Researchers investigated how the natural sciences, humanities and technical skilled practices are combined in the study of ancient textiles. They highlighted the relationship between knowledge and know-how.
The knowledge and know-how involved in ancient textiles
A hybrid field of study, made possible with the mobilization of several disciplines, was needed to ask pertinent questions regarding the methods and knowing practices involved in studying ancient archaeological textiles. It was necessary to answer how theoretical tools and technical skills are made available in all areas of textile studies and how they are coordinated and interconnected. Hence, the EU-funded project TEXTILESTUDIES (Textile studies: Questions and issues between knowledge and knowhow) conducted an anthropological study combined with an ethnographic enquiry.

This was two-fold. It focused on scholarly literature, schemas and practices with a special emphasis on archaeology, philology, history of technology for the humanities, and geology and biology for the natural sciences.

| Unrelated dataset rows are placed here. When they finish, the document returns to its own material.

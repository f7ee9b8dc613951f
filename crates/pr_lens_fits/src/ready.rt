//! The equations of which a net is made.

ghost use Rattle.std.specs.Prelude.{◌≡◌, ◌≤◌, ℕ, List, length, IfOk, IfNone, IfSome, OnOk, IsTrue, IsFalse};
ghost use Rattle.pr_compile_front.specs.Passed.{IsPassed};
ghost use Rattle.pr_compile_front.specs.Refusals.{IsAnswer, IsRefusal};
ghost use Rattle.pr_lens_fits.specs.Unfits.{HasRefusal, IsReadyOf};
ghost use Rattle.pr_flat.specs.Flats.{equations_of};
ghost use Rattle.pr_flat.specs.Widths.{AreWidths};
ghost use Rattle.pr_narrow.specs.Narrowed.{AreNarrowed};

use pr_compile_front::{Front, FrontFault, read_program};
use pr_flat::Flat;
use pr_narrow::narrow;
use pr_width::Widths;
use std::alloc::{AllocError, Global};

/// The equations of which a program's net is made, with their widths: narrowed, or as they are.
pub fn ready_of(
    alloc: Global,
    flat: Flat,
    widths: Widths,
    narrowed: bool,
) -> Result<(Flat, Widths), AllocError>
    requires { AreWidths (equations_of flat) widths }
    ensures widths { IfOk result (λ r. AreWidths (equations_of r.0) r.1) }
    ensures narrowed { IsTrue narrowed → IfOk result (λ r. AreNarrowed
        (equations_of flat) flat.outputs.items widths (equations_of r.0) r.1) }
    ensures whole { IsFalse narrowed → IfOk result (λ r. (r.0 ≡ flat) × (r.1 ≡ widths)) }
    ensures outputs { IfOk result (λ r. r.0.outputs.items ≡ flat.outputs.items) }
{
    if narrowed {
        narrow(alloc, &flat, &widths)
    } else {
        Ok((flat, widths))
    }
}

/// Passes want of memory on.
fn refused(fault: FrontFault) -> Result<(), AllocError>
    ensures { (text : List ℕ) → IsAnswer text fault → OnOk result (IsRefusal text fault) }
{
    match fault {
        FrontFault::Syntax { token: _ } => {
            return Ok(());
        }
        FrontFault::Scope { rule: _, item: _ } => {
            return Ok(());
        }
        FrontFault::NoWidth { equation: _ } => {
            return Ok(());
        }
        FrontFault::Limit(_) => {
            return Ok(());
        }
        FrontFault::Memory(error) => {
            return Err(error);
        }
    }
}

/// The program of a text with its equations and their widths; none where it is refused before it has widths.
pub fn read_front(alloc: Global, text: &[u8]) -> Result<Option<Front>, AllocError>
    requires { length text.now ≤ 1048576 }
    ensures passed { IfOk result (λ o. IfSome o (IsPassed text.now)) }
    ensures none { IfOk result (λ o. IfNone o (HasRefusal text.now)) }
{
    match read_program(alloc, text) {
        Ok(front) => Ok(Some(front)),
        Err(fault) => {
            refused(fault)?;
            Ok(None)
        }
    }
}

/// The equations of which the net of a text's program is made: narrowed, or as they are; none where it is refused before
/// it has widths.
pub fn ready_in(
    alloc: Global,
    text: &[u8],
    narrowed: bool,
) -> Result<Option<(Flat, Widths)>, AllocError>
    requires { length text.now ≤ 1048576 }
    ensures widths { IfOk result (λ o. IfSome o (λ r. AreWidths (equations_of r.0) r.1)) }
    ensures told { IfOk result (λ o. IfSome o (λ r. IsReadyOf narrowed text.now r.0 r.1)) }
    ensures none { IfOk result (λ o. IfNone o (HasRefusal text.now)) }
{
    let Some(front) = read_front(alloc, text)? else {
        return Ok(None);
    };
    let Front {
        scoped: _scoped,
        flat,
        widths,
    } = front;
    let made = ready_of(alloc, flat, widths, narrowed)?;
    Ok(Some(made))
}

It also centred on textile objects and techniques such as artefacts, materials, tools and processes. This involved analysis of the experimental protocols, experience-based practices and hands-on approaches used by craftspeople focused on the textile chaîne opératoire and cours d’action.

Interviews and observations took place in European universities, research centres and institutions. Participants included scholars, technicians, curators, professional weavers and craftspeople. The textile technology, techniques and technical system were analysed from structural, historical and functional points of view. Additionally, the knowing practices, structures and devices implied in the study of the archaeological textiles were described and researched in a symmetrical way according to TEXTILESTUDIES objectives.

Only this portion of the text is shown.